- Opening Delimiter -

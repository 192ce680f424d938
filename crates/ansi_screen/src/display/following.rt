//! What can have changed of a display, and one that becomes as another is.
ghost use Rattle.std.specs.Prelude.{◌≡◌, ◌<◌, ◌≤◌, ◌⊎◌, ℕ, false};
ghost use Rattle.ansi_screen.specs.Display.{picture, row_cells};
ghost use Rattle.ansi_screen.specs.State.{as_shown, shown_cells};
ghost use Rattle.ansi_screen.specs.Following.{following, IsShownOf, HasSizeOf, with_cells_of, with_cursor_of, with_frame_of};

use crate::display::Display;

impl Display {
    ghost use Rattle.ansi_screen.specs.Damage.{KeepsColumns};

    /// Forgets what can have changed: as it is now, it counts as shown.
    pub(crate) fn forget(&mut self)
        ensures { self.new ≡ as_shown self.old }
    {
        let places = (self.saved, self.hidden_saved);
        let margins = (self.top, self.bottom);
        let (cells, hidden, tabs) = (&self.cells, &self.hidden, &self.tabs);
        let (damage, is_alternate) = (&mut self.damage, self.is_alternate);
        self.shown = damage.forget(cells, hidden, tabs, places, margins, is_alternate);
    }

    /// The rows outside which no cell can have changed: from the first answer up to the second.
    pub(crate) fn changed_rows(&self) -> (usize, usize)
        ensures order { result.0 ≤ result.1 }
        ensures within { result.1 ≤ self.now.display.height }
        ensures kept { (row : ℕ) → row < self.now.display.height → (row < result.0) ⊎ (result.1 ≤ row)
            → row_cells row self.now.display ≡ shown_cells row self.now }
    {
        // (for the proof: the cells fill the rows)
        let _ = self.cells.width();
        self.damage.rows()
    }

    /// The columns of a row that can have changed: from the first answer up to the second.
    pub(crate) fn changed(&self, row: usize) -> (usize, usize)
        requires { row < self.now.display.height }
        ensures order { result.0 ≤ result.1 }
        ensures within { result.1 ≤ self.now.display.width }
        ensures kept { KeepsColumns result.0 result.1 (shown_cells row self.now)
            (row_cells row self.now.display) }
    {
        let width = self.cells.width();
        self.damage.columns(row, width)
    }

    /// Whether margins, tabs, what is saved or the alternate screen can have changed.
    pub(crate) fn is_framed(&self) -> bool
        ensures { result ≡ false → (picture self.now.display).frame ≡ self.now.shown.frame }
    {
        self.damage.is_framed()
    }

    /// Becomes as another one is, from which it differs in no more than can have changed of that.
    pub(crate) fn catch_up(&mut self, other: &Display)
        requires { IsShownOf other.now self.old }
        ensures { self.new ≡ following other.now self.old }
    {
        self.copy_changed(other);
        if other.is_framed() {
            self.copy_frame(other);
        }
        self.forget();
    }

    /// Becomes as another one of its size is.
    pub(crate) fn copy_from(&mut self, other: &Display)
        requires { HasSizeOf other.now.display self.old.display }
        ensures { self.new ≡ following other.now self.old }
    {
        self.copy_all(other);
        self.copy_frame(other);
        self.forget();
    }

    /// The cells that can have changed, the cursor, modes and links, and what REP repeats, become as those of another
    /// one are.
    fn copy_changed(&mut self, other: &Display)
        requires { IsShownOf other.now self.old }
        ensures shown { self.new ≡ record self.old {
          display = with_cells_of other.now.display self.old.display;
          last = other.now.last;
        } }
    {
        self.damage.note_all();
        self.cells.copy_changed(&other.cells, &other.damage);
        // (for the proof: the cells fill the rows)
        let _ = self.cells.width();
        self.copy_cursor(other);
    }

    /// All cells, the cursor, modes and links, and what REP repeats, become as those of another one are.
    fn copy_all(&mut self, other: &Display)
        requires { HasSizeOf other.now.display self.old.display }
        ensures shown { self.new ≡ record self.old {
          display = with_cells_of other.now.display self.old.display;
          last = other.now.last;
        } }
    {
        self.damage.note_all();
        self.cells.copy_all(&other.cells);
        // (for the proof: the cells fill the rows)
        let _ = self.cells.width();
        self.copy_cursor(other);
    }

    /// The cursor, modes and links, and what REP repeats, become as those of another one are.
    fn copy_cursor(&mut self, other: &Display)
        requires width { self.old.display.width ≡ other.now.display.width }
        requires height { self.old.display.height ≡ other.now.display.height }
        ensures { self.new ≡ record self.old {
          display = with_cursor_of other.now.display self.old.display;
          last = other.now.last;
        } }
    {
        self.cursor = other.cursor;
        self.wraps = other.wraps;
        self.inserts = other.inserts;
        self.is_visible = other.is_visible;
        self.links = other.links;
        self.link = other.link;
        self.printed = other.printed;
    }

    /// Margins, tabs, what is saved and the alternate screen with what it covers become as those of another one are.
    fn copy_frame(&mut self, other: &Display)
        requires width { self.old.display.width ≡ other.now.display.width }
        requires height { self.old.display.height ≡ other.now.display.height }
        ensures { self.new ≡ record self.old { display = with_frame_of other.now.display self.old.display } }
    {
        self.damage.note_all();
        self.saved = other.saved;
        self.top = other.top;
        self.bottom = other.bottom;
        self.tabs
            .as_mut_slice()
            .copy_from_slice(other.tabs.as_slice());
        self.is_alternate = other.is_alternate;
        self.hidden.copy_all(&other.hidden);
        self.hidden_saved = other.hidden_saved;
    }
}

- Closing Delimiter -

[WORK ITEM] Word for word, copy the line containing "self.bottom = other.bottom;" and each line after it to the end of the records, and nothing besides.

[SOLUTION TO THIS EXERCISE]
        self.bottom = other.bottom;
        self.tabs
            .as_mut_slice()
            .copy_from_slice(other.tabs.as_slice());
        self.is_alternate = other.is_alternate;
        self.hidden.copy_all(&other.hidden);
        self.hidden_saved = other.hidden_saved;
    }
}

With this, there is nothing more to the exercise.